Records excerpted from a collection
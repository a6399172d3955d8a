//! Counts by the number of a line.

ghost use Rattle.std.specs.Prelude.{◌≡◌, ◌↔◌, ◌+◌, ◌<◌, ◌≤◌, ◌^◌, ◌==◌, ℕ, IsTrue, OnOk, length, nat_lt};
ghost use Rattle.std.specs.HashMap.{spare};
ghost use Rattle.papergrid_tables.specs.ForProofs.Counts.{line_count_of, one_if};

use papergrid_values::hashed::{look_up, put};
use std::alloc::{AllocError, Global};
use std::collections::HashMap;

/// How many of something stand on each line. A line on which none is left may keep the count 0.
#[derive(Debug, Drop, Clone)]
pub(crate) struct LineCounts {
    pub(crate) counts: HashMap<usize, usize>,
}

impl LineCounts {
    /// None on any line. It does not allocate.
    pub(crate) fn new(alloc: Global) -> Self
        ensures { (n : ℕ) → line_count_of result.counts n ≡ 0 }
    {
        LineCounts {
            counts: HashMap::new(alloc),
        }
    }

    /// Makes room for the counts of so many more lines.
    pub(crate) fn reserve(&mut self, additional: usize) -> Result<(), AllocError>
        ensures same { (n : ℕ) → line_count_of self.new.counts n ≡ line_count_of self.old.counts n }
        ensures room { OnOk result (additional ≤ spare self.new.counts) }
    {
        self.counts.reserve(additional)
    }

    /// One more on a line, where there is room.
    pub(crate) fn add(&mut self, line: usize)
        requires room { 0 < spare self.old.counts }
        requires small { line_count_of self.old.counts line + 1 < 2 ^ 64 }
        ensures one_more { (n : ℕ) →
            line_count_of self.new.counts n ≡ line_count_of self.old.counts n + one_if (line == n) }
        ensures spare { spare self.old.counts ≤ spare self.new.counts + 1 }
    {
        let stored = self.counts.get(&line).copied().unwrap_or(0);
        put(&mut self.counts, line, stored + 1);
    }

    /// One less on a line. Condition: there is one.
    pub(crate) fn remove(&mut self, line: usize)
        requires { 0 < line_count_of self.old.counts line }
        ensures { (n : ℕ) →
            line_count_of self.new.counts n + one_if (line == n) ≡ line_count_of self.old.counts n }
    {
        if let Some(stored) = self.counts.get_mut(&line) {
            *stored -= 1;
        }
    }

    /// Whether no count is kept at all, not even one that is 0.
    pub(crate) fn is_bare(&self) -> bool
        ensures kept { IsTrue result ↔ (length self.now.counts.entries ≡ 0) }
        ensures none { IsTrue result → (n : ℕ) → line_count_of self.now.counts n ≡ 0 }
    {
        self.counts.is_empty()
    }

    /// Whether there is one on a line.
    pub(crate) fn holds(&self, line: usize) -> bool
        ensures { result ≡ nat_lt 0 (line_count_of self.now.counts line) }
    {
        look_up(&self.counts, line).is_some_and(|stored| *stored > 0)
    }
}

**What you need to do:** Nothing but the lines from the one containing "there is room." through the last line of the data above should be set down, word for word.

**The answer:**
    /// One more on a line, where there is room.
    pub(crate) fn add(&mut self, line: usize)
        requires room { 0 < spare self.old.counts }
        requires small { line_count_of self.old.counts line + 1 < 2 ^ 64 }
        ensures one_more { (n : ℕ) →
            line_count_of self.new.counts n ≡ line_count_of self.old.counts n + one_if (line == n) }
        ensures spare { spare self.old.counts ≤ spare self.new.counts + 1 }
    {
        let stored = self.counts.get(&line).copied().unwrap_or(0);
        put(&mut self.counts, line, stored + 1);
    }

    /// One less on a line. Condition: there is one.
    pub(crate) fn remove(&mut self, line: usize)
        requires { 0 < line_count_of self.old.counts line }
        ensures { (n : ℕ) →
            line_count_of self.new.counts n + one_if (line == n) ≡ line_count_of self.old.counts n }
    {
        if let Some(stored) = self.counts.get_mut(&line) {
            *stored -= 1;
        }
    }

    /// Whether no count is kept at all, not even one that is 0.
    pub(crate) fn is_bare(&self) -> bool
        ensures kept { IsTrue result ↔ (length self.now.counts.entries ≡ 0) }
        ensures none { IsTrue result → (n : ℕ) → line_count_of self.now.counts n ≡ 0 }
    {
        self.counts.is_empty()
    }

    /// Whether there is one on a line.
    pub(crate) fn holds(&self, line: usize) -> bool
        ensures { result ≡ nat_lt 0 (line_count_of self.now.counts line) }
    {
        look_up(&self.counts, line).is_some_and(|stored| *stored > 0)
    }
}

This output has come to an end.